De resto, tanto no Flickr como no blog, há uma grande preferência pelas fotos cujo tema gira à volta da lã. No flickr é o tricot; no blog, Pela Fresca.
O post mais consultado no dia da sua publicação… preferia não lembrar!
Inspirador
27 janvier 2012
Num dos meus passeios pelas margens do Guadiana encontrei inspiração para juntar texturas e tonalidades numa nova mini bolsa.
Um fio de seda oferecido pela Joana e uma camisa de seda natural da Mutti (avó), completam a composição. Não escolho o caminho mais fácil para a sua realização, mas gosto de desafios!
Rodrigo
26 janvier 2012
Colhemos flores na borda do caminho. Uma manifestação de quanto estamos felizes por estar outra vez todos juntos.
Rodrigo, o meio-irmão, o meu enteado.
Há mais de 5 anos que não vinha e 5 anos é muito na vida duma família, na cabeça duma criança, logo, as 3 crianças.
A nossa semana mexe com o passado. Recordação dos desenhos dos primeiros anos de escola quando pediam um retrato da família.
Erámos 6.
Está quase de partida!
Reciclar ganga II
25 janvier 2012
Coisa que não gosto, é de ver gangas rasgadas, com pequenos buracos, linhas a se desfazerem…
Com o que sobrou da saia, fiz uns pequenos remendos em forma de coração (é coisa que gosto!).
Adoptei a excelente técnica da Rosa para uns tantos outros remendos nos joelhos (assim salvei 3 pares de gangas!).

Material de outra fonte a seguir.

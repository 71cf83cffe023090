//! Refusals of texts, worked out by hand.

ghost use Rattle.std.specs.Prelude.{◌<◌};

use crate::equals::equal;
use script_grammar::first_refusal;
use script_judge::{LimitKind, Refusal, RefusalKind};
use std::alloc::{AllocError, Global};
use std::process::Abort;
use std::test::Fail;

fn refusal_is(
    rt: &impl Abort,
    alloc: Global,
    text: &[u8],
    wanted: Option<Refusal>,
) -> Result<(), Fail> {
    equal(rt, text, first_refusal(alloc, text)?, wanted);
    Ok(())
}

#[test]
fn each_text_has_its_first_refusal(rt: HostRuntime) -> Result<(), Fail> {
    const ROWS: &[(&[u8], RefusalKind, u32)] = &[
        (b"", RefusalKind::Unexpected, 0),
        (b"{ x in [1,2", RefusalKind::Unexpected, 11),
        (b"{ x in [0,1] \\/ x in ? }", RefusalKind::FormulaForm, 13),
        (b"{ not x <= 1 }", RefusalKind::FormulaForm, 2),
        // of the forms that only hypotheses have
        (b"{ not x in [0,1] -> x in ? }", RefusalKind::FormulaForm, 2),
        (b"{ not", RefusalKind::FormulaForm, 2),
        (b"{ not not x <= 1 -> x in ? }", RefusalKind::FormulaForm, 2),
        (b"{ x in [0,1] \\/", RefusalKind::FormulaForm, 13),
        (b"{ x in [0,1] \\/ } $ x;", RefusalKind::FormulaForm, 13),
        (
            b"{ (x \\/ y) in [0,1] -> x in ? }",
            RefusalKind::Unexpected,
            5,
        ),
        (b"{ not @FIX(x,0) -> x in ? }", RefusalKind::FormulaForm, 2),
        (
            b"{ not x -/ y in [0,1] -> x in ? }",
            RefusalKind::FormulaForm,
            2,
        ),
        (
            b"{ x <= 1 -> not x >= 2 -> not x <= 0 }",
            RefusalKind::FormulaForm,
            26,
        ),
        (
            b"{ x <= 1 -> x >= 0 \\/ x in ? }",
            RefusalKind::FormulaForm,
            19,
        ),
        (
            b"{ x in [0,1] \\/ x in ? -> x in ? }",
            RefusalKind::FormulaForm,
            21,
        ),
        (b"{ x <= not 1 -> x in ? }", RefusalKind::Unexpected, 7),
        (b"{ x in [0,1] not -> x in ? }", RefusalKind::Unexpected, 13),
        (
            b"{ x <= 1 -> x in ? } a -> b { not a <> 0 };",
            RefusalKind::Unexpected,
            30,
        ),
        // of split ranges of cases
        (
            b"{ x in [0,1] \\/ y in [0,1] -> x in ? } $ x;",
            RefusalKind::SplitRange,
            41,
        ),
        (
            b"{ x in [0,1] \\/ not x >= 1 -> x in ? } $ x;",
            RefusalKind::SplitRange,
            41,
        ),
        (
            b"{ x in [0,1] \\/ x in [2,3] -> y in [0,1] \\/ y <= 1 -> x in ? } $ x; $ y;",
            RefusalKind::SplitRange,
            70,
        ),
        (
            b"{ x in [0,1] \\/ x in [2,3] -> x in ? } $ x in (0.5, 1.5);",
            RefusalKind::BadSplit,
            52,
        ),
        (
            b"{ x in [0,1] \\/ x in [2,3] -> x in ? } $ x in (2.5, 0.5);",
            RefusalKind::BadSplit,
            52,
        ),
        (
            b"{ x in [0,1] \\/ x in [2,3] -> x in ? } $ x in (1);",
            RefusalKind::BadSplit,
            47,
        ),
        (b"{ sqrt(x) in ? }", RefusalKind::UnsupportedOperator, 2),
        (b"{ x in [0,1] -> x in ? } !", RefusalKind::BadToken, 25),
        (b"{ x\xff", RefusalKind::NotText, 3),
        (b"foo(x) = 3;", RefusalKind::UnsupportedOperator, 0),
        (b"y q 3", RefusalKind::Unexpected, 2),
        (b"y q= 3", RefusalKind::UnsupportedOperator, 2),
        (b"a = 1; b a= 2;", RefusalKind::Unexpected, 9),
        (b"@ name = in ;", RefusalKind::UnsupportedOperator, 9),
        (b"@q = int<not>;", RefusalKind::UnsupportedOperator, 9),
        (b"x = 1; x = 2; { x in ? }", RefusalKind::NameUsed, 7),
        (b"x = x + 1;", RefusalKind::NameUsed, 0),
        (b"x = x +", RefusalKind::NameUsed, 0),
        (b"y = y(1);", RefusalKind::NameUsed, 0),
        (b"y y= 1;", RefusalKind::UnsupportedOperator, 2),
        (b"{ @", RefusalKind::Unexpected, 3),
        (b"{ @FIX(x,0) /\\ x in [1,2", RefusalKind::FormulaForm, 2),
        (b"{ x in ? -> x in ? }", RefusalKind::FormulaForm, 7),
        (
            b"{ x in ? /\\ sqrt(y) in [0,1] -> z in ? }",
            RefusalKind::UnsupportedOperator,
            12,
        ),
        (
            b"{ x in [5,1e-99] -> x in ? }",
            RefusalKind::LiteralLimit,
            10,
        ),
        (
            b"{ x in [0,-1e99] -> x in ? }",
            RefusalKind::LiteralLimit,
            11,
        ),
        (
            b"{ x in [0,1] -> x in ? } $ x in 0;",
            RefusalKind::BadSplit,
            32,
        ),
        (b"y = 1; { y in ? } $ y;", RefusalKind::BadSplit, 20),
        (
            b"@q = fixed<513,dn>;",
            RefusalKind::Limit(LimitKind::Lsb),
            11,
        ),
        (
            b"{ x in [0,1] -> x in ? } $ x in 65;",
            RefusalKind::Limit(LimitKind::Pieces),
            32,
        ),
        (
            b"{ a in [0,1] /\\ b in [0,1] /\\ c in [0,1] /\\ d in [0,1] /\\ e in [0,1] -> a in ? } a $ a,b,c,d,e;",
            RefusalKind::Limit(LimitKind::Splits),
            93,
        ),
        (b"{ x in [2,1] -> x in ? }", RefusalKind::BadBound, 10),
        (b"{ x in [2,+1] -> x in ? }", RefusalKind::BadBound, 10),
        (b"{ x in [-1,-2", RefusalKind::BadBound, 11),
        (b"{ x in [-1,-", RefusalKind::Unexpected, 12),
        (b"{ x in [1b-1,0.4] }", RefusalKind::BadBound, 13),
        (b"{ x -/ y in [-1,2] }", RefusalKind::BadBound, 13),
        (
            b"{ x -/ y in [-0.9999999999999999999999,1] }",
            RefusalKind::BadBound,
            13,
        ),
        (b"{ x -/ y in [0,-0.5] }", RefusalKind::BadBound, 15),
        (b"{ x in ? } $ x;", RefusalKind::SplitRange, 13),
        (b"{ x in [0,1] } $ x;", RefusalKind::SplitRange, 17),
        (b"{ x in ? } x $ y;", RefusalKind::SplitRange, 15),
        (
            b"{ -x in [0,1] /\\ x -/ x in [0,1] /\\ x <= 1 -> x in ? } $ x;",
            RefusalKind::SplitRange,
            57,
        ),
        (
            b"{ x in [0,999999999999999999999999999999b512] -> x in ? } $ x;",
            RefusalKind::SplitRange,
            60,
        ),
        (
            b"y = x; { y in [0,1] -> y in ? } $ y;",
            RefusalKind::BadSplit,
            34,
        ),
        (
            b"y = x + 0; { y in [0,1] -> y in ? } $ x;",
            RefusalKind::SplitRange,
            38,
        ),
        (
            b"{ x in [0,1] -> x in ? } $ x in (0);",
            RefusalKind::BadSplit,
            33,
        ),
        (
            b"{ x in [0,1] -> x in ? } $ x in (0.5, -0.6);",
            RefusalKind::BadSplit,
            38,
        ),
        (
            b"{ x in [0,1] -> x in ? } $ x in (0.5, 1b-1);",
            RefusalKind::BadSplit,
            38,
        ),
        (
            b"{ x in [0,1] -> x in ? } $ x in (0.3, 0.3000000000000000000000001);",
            RefusalKind::BadSplit,
            38,
        ),
        (
            b"{ x in [0,1] /\\ x in [0,2] -> x in ? } $ x in (1);",
            RefusalKind::BadSplit,
            47,
        ),
    ];
    for (text, kind, at) in ROWS {
        let wanted = Refusal {
            kind: *kind,
            at: *at,
        };
        refusal_is(&rt, rt.alloc(), *text, Some(wanted))?;
    }
    Ok(())
}

#[test]
fn scripts_have_no_refusal(rt: HostRuntime) -> Result<(), Fail> {
    const ROWS: &[&[u8]] = &[
        b"{ x in ? }",
        b"@q = fixed<-15,dn>; x = q(xx); y q= x * x; My = x * x; { xx in [0,1] -> y - My in ? }",
        b"{ @FIX(a,-15) /\\ a in [0,1] -> |a| -/ 2 in ? } a -> b { b <> 0, a < 1 }; $ a in (0.5, 0.75);",
        b"y fixed<-4,dn>= x + 1; { x in [0,1] -> fma(x, -y, int<zr>(x)) in ? } x, y + 1 $ x; x ~ y;",
        b"@FIX = int<up>; y = FIX(x); { @FIX(y,3) -> y in ? }",
        b"{ x in [0.5,1b-1] /\\ y -/ x in [-0.99,-0.5] /\\ x in [-1,1] -> x in [-2,-1] /\\ x <= -1 /\\ x <= -2 }",
        b"@q = int<dn>; y q= (x); { ((y)) in [0,1] -> x in ? } $ x in (1b-3, +0.5); x $ x;",
        b"{ x in [0,999999999999999999999999999999b512] /\\ (x) in [0,1] -> x in [0,1] -> x in ? } x, x $ x, x;",
        b"{ x in [0,1] \\/ x in [3,4] -> x * x in ? }",
        b"{ x in [0,1] /\\ x in [2,3] \\/ x in [4,5] -> x in ? } $ x in (0.5, 4.5);",
        b"{ x in [-1,1] /\\ not x >= 0 -> not x - y <= 1 \\/ @FIX(x,0) -> x in ? }",
        b"{ x in [0,1] -> y <= 1 \\/ not y >= 2 -> x in ? } $ x; x $ x;",
        b"{ x in [0,1] \\/ x in [0,1] -> x in ? } $ x in (0.25, 0.5);",
    ];
    for text in ROWS {
        refusal_is(&rt, rt.alloc(), *text, None)?;
    }
    Ok(())
}

/// `{ `, so many opening parentheses, `x`, so many closing ones, ` in ? }`.
fn nested(alloc: Global, depth: usize) -> Result<Vec<u8>, AllocError> {
    let mut text = Vec::new(alloc);
    text.extend_from_slice(b"{ ".as_slice())?;
    for _ in 0..depth {
        text.push(b'(')?;
    }
    text.push(b'x')?;
    for _ in 0..depth {
        text.push(b')')?;
    }
    text.extend_from_slice(b" in ? }".as_slice())?;
    Ok(text)
}

const NESTED: Refusal = Refusal {
    kind: RefusalKind::Limit(LimitKind::Nesting),
    at: 66,
};

// The refusal of a text that is nested so deep.
fn nested_is(
    rt: &impl Abort,
    alloc: Global,
    depth: usize,
    wanted: Option<Refusal>,
) -> Result<(), Fail> {
    let text = nested(alloc, depth)?;
    equal(rt, b"nested", first_refusal(alloc, &text)?, wanted);
    Ok(())
}

// `{ `, and so many opening parentheses.
fn opened(alloc: Global, depth: usize) -> Result<Vec<u8>, AllocError> {
    let mut text = Vec::new(alloc);
    text.extend_from_slice(b"{ ".as_slice())?;
    for _ in 0..depth {
        text.push(b'(')?;
    }
    Ok(text)
}

// The refusal of a text of so many parentheses.
fn opened_is(rt: &impl Abort, alloc: Global, depth: usize, wanted: Refusal) -> Result<(), Fail> {
    let text = opened(alloc, depth)?;
    equal(rt, b"opened", first_refusal(alloc, &text)?, Some(wanted));
    Ok(())
}

#[test]
fn nesting_and_bytes_past_their_limits_are_refused(rt: HostRuntime) -> Result<(), Fail> {
    nested_is(&rt, rt.alloc(), 64, None)?;
    nested_is(&rt, rt.alloc(), 65, Some(NESTED))?;
    opened_is(&rt, rt.alloc(), 1_048_574, NESTED)?;
    let longer = Refusal {
        kind: RefusalKind::Limit(LimitKind::Bytes),
        at: 1_048_576,
    };
    opened_is(&rt, rt.alloc(), 1_048_575, longer)
}

/// `{ x<=1`, so often `\\/x<=1`, and ` -> x<=1 \\/ x<=1 -> x in ? }`.
fn disjoined(alloc: Global, more: usize) -> Result<Vec<u8>, AllocError> {
    let mut text = Vec::new(alloc);
    text.extend_from_slice(b"{ x<=1".as_slice())?;
    for _ in 0..more {
        text.extend_from_slice(b"\\/x<=1".as_slice())?;
    }
    text.extend_from_slice(b" -> x<=1 \\/ x<=1 -> x in ? }".as_slice())?;
    Ok(text)
}

// The refusal of a text with so many more cases, or the byte at which it has too many.
fn cases_are(rt: &impl Abort, alloc: Global, more: usize, past: Option<u32>) -> Result<(), Fail> {
    let text = disjoined(alloc, more)?;
    let kind = RefusalKind::Limit(LimitKind::Cases);
    let wanted = match past {
        Some(at) => Some(Refusal { kind, at }),
        None => None,
    };
    equal(rt, b"cases", first_refusal(alloc, &text)?, wanted);
    Ok(())
}

#[test]
fn more_than_64_cases_are_refused(rt: HostRuntime) -> Result<(), Fail> {
    cases_are(&rt, rt.alloc(), 31, None)?;
    cases_are(&rt, rt.alloc(), 32, Some(207))?;
    cases_are(&rt, rt.alloc(), 80, Some(384))
}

Mas há calças de ganga que definitivamente não podem ser mais usadas. Não deito nada fora. Guardei o comprimento das pernas para um próximo post mas com o bolso traseiro e a costura lateral típica nestas calças, fiz duas “têtes de nègres”.
Das fotos
24 janvier 2012
Está quase a fazer anos.
É a difícil escolha de eleger a fotografia para lançar o convite para uma noite entre amigas.
…
Oito Magazine… dedicada exclusivamente à fotografia portuguesa. Muito bom!
Certezas
23 janvier 2012
Há manhãs que nada fazem prever.
Desvio-me do caminho uns metros para aguçar a curiosidade e acabo por me cruzar com este animal. Do nosso encontro, nasceu a certeza de que no dia em que voltarmos para a Beira Alta, o burro pastará nas nossas terras como um animal de grande estimação.
A J. terá o seu sonho realizado!
A Cavalariça
20 janvier 2012
O post da Sílvia motivou-me. Não gosto muito de mostrar a minha casa e por mais incrível, nem a imagino fotografada e publicada em revistas de decoração.
O espaço que habito é muito pessoal, tal como os livros nas estantes duma biblioteca.
Mas reconheço, após mails trocados com ela, que posso partilhar algumas ideias que me passaram pela cabeça aquando da restauração da cavalariça.
A cavalariça é uma casa separada do resto da outra casa.
Remodulou-se em sala de estar ou salão como preferirem.
Hoje, tem uma mezzanine (no Alentejo diz-se sobrado) e por baixo, uma casa de banho de apoio.
Para poupar na eléctricidade e como não há janelas naquele cubículo, optei por restaurar uma porta de vidro. Coloquei um cortinado com rendas feitas pelas senhoras da Beira Alta, tal como na outra casa de banho da casa principal.
A ideia de não carregar no interruptor, de cada vez que é preciso là entrar, é uma victória (pensem nisso)!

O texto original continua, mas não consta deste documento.